● **Stored data**:
╭──
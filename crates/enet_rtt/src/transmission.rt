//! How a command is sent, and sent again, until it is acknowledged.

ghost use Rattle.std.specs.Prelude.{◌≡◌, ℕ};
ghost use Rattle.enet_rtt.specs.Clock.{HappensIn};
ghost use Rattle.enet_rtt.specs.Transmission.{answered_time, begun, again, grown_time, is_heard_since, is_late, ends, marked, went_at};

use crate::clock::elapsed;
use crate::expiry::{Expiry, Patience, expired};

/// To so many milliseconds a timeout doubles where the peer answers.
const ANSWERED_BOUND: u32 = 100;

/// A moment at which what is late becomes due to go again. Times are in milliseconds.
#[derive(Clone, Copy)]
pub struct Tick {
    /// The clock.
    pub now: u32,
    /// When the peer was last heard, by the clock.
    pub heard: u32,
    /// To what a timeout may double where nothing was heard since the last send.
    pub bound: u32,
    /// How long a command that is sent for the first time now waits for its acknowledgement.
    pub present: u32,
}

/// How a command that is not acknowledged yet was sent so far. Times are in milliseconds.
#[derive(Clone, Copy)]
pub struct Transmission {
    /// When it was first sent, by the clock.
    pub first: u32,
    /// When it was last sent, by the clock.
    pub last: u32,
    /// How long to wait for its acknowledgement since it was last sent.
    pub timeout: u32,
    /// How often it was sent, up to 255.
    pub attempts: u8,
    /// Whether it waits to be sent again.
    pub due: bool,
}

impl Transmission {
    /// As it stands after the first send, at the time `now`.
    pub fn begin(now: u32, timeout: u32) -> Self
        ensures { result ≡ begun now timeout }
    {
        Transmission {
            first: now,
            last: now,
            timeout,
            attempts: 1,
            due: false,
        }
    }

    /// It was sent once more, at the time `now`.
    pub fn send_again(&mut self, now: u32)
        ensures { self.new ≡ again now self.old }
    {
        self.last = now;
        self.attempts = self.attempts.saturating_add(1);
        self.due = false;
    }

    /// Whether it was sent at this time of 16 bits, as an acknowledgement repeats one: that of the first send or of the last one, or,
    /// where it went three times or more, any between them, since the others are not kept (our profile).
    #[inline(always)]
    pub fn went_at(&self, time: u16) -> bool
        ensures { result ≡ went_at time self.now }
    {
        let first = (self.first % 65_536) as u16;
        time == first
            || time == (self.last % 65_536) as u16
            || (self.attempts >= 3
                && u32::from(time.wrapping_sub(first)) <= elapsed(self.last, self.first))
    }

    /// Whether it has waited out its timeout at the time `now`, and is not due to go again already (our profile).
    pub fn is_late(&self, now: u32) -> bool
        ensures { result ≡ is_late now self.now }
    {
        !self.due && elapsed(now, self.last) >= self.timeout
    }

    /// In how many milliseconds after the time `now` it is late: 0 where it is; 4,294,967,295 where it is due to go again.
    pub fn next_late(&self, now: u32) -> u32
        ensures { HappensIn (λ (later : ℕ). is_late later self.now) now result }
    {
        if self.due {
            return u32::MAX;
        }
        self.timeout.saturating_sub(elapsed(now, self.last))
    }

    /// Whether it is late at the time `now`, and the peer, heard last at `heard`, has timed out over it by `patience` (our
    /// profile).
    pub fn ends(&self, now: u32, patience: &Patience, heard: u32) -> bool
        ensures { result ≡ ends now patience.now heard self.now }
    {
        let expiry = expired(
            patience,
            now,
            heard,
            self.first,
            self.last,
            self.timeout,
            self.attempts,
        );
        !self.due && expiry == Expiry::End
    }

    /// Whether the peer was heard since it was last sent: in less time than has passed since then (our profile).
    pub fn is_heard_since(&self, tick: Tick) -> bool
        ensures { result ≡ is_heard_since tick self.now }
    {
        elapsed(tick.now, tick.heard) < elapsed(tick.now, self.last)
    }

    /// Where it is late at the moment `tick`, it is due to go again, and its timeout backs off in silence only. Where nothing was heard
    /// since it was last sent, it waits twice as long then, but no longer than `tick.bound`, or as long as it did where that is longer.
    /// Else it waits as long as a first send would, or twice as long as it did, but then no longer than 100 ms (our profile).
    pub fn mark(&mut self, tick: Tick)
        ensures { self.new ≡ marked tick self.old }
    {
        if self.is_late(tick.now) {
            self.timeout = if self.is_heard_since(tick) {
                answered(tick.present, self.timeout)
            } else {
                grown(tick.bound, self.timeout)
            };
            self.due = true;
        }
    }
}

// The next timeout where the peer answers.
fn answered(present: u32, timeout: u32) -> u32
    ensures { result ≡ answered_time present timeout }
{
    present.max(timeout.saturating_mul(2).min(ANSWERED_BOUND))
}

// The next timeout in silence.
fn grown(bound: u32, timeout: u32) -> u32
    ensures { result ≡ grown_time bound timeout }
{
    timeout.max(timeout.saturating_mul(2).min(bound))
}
╰──
● **The problem**: Repeat the entries exactly, leaving nothing out.

● **Completed exercise**:
filename crates/enet_rtt/src/transmission.rt
//! How a command is sent, and sent again, until it is acknowledged.

ghost use Rattle.std.specs.Prelude.{◌≡◌, ℕ};
ghost use Rattle.enet_rtt.specs.Clock.{HappensIn};
ghost use Rattle.enet_rtt.specs.Transmission.{answered_time, begun, again, grown_time, is_heard_since, is_late, ends, marked, went_at};

use crate::clock::elapsed;
use crate::expiry::{Expiry, Patience, expired};

/// To so many milliseconds a timeout doubles where the peer answers.
const ANSWERED_BOUND: u32 = 100;

/// A moment at which what is late becomes due to go again. Times are in milliseconds.
#[derive(Clone, Copy)]
pub struct Tick {
    /// The clock.
    pub now: u32,
    /// When the peer was last heard, by the clock.
    pub heard: u32,
    /// To what a timeout may double where nothing was heard since the last send.
    pub bound: u32,
    /// How long a command that is sent for the first time now waits for its acknowledgement.
    pub present: u32,
}

/// How a command that is not acknowledged yet was sent so far. Times are in milliseconds.
#[derive(Clone, Copy)]
pub struct Transmission {
    /// When it was first sent, by the clock.
    pub first: u32,
    /// When it was last sent, by the clock.
    pub last: u32,
    /// How long to wait for its acknowledgement since it was last sent.
    pub timeout: u32,
    /// How often it was sent, up to 255.
    pub attempts: u8,
    /// Whether it waits to be sent again.
    pub due: bool,
}

impl Transmission {
    /// As it stands after the first send, at the time `now`.
    pub fn begin(now: u32, timeout: u32) -> Self
        ensures { result ≡ begun now timeout }
    {
        Transmission {
            first: now,
            last: now,
            timeout,
            attempts: 1,
            due: false,
        }
    }

    /// It was sent once more, at the time `now`.
    pub fn send_again(&mut self, now: u32)
        ensures { self.new ≡ again now self.old }
    {
        self.last = now;
        self.attempts = self.attempts.saturating_add(1);
        self.due = false;
    }

    /// Whether it was sent at this time of 16 bits, as an acknowledgement repeats one: that of the first send or of the last one, or,
    /// where it went three times or more, any between them, since the others are not kept (our profile).
    #[inline(always)]
    pub fn went_at(&self, time: u16) -> bool
        ensures { result ≡ went_at time self.now }
    {
        let first = (self.first % 65_536) as u16;
        time == first
            || time == (self.last % 65_536) as u16
            || (self.attempts >= 3
                && u32::from(time.wrapping_sub(first)) <= elapsed(self.last, self.first))
    }

    /// Whether it has waited out its timeout at the time `now`, and is not due to go again already (our profile).
    pub fn is_late(&self, now: u32) -> bool
        ensures { result ≡ is_late now self.now }
    {
        !self.due && elapsed(now, self.last) >= self.timeout
    }

    /// In how many milliseconds after the time `now` it is late: 0 where it is; 4,294,967,295 where it is due to go again.
    pub fn next_late(&self, now: u32) -> u32
        ensures { HappensIn (λ (later : ℕ). is_late later self.now) now result }
    {
        if self.due {
            return u32::MAX;
        }
        self.timeout.saturating_sub(elapsed(now, self.last))
    }

    /// Whether it is late at the time `now`, and the peer, heard last at `heard`, has timed out over it by `patience` (our
    /// profile).
    pub fn ends(&self, now: u32, patience: &Patience, heard: u32) -> bool
        ensures { result ≡ ends now patience.now heard self.now }
    {
        let expiry = expired(
            patience,
            now,
            heard,
            self.first,
            self.last,
            self.timeout,
            self.attempts,
        );
        !self.due && expiry == Expiry::End
    }

    /// Whether the peer was heard since it was last sent: in less time than has passed since then (our profile).
    pub fn is_heard_since(&self, tick: Tick) -> bool
        ensures { result ≡ is_heard_since tick self.now }
    {
        elapsed(tick.now, tick.heard) < elapsed(tick.now, self.last)
    }

    /// Where it is late at the moment `tick`, it is due to go again, and its timeout backs off in silence only. Where nothing was heard
    /// since it was last sent, it waits twice as long then, but no longer than `tick.bound`, or as long as it did where that is longer.
    /// Else it waits as long as a first send would, or twice as long as it did, but then no longer than 100 ms (our profile).
    pub fn mark(&mut self, tick: Tick)
        ensures { self.new ≡ marked tick self.old }
    {
        if self.is_late(tick.now) {
            self.timeout = if self.is_heard_since(tick) {
                answered(tick.present, self.timeout)
            } else {
                grown(tick.bound, self.timeout)
            };
            self.due = true;
        }
    }
}

// The next timeout where the peer answers.
fn answered(present: u32, timeout: u32) -> u32
    ensures { result ≡ answered_time present timeout }
{
    present.max(timeout.saturating_mul(2).min(ANSWERED_BOUND))
}

// The next timeout in silence.
fn grown(bound: u32, timeout: u32) -> u32
    ensures { result ≡ grown_time bound timeout }
{
    timeout.max(timeout.saturating_mul(2).min(bound))
}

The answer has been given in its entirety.